• _PROBLEM TO SOLVE_
From the entries below, work out the number of lines that hold the word "breaks", and give that number alone.

• _SUPPLIED DATA_
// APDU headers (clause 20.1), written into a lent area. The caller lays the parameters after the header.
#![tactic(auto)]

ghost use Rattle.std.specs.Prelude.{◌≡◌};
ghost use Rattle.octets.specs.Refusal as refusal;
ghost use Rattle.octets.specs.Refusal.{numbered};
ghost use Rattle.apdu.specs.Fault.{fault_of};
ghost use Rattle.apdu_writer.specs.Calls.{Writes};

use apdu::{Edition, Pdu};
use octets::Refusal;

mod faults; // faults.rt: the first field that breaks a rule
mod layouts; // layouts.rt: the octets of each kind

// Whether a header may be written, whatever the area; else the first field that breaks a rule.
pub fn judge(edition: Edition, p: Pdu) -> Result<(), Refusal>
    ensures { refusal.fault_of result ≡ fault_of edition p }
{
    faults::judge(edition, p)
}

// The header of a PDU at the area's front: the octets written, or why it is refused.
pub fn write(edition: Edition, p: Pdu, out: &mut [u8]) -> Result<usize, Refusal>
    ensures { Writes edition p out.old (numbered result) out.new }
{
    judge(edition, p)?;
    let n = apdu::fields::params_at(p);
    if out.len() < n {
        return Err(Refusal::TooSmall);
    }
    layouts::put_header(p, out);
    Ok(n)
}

• _ANSWER TO THE EXERCISE_
2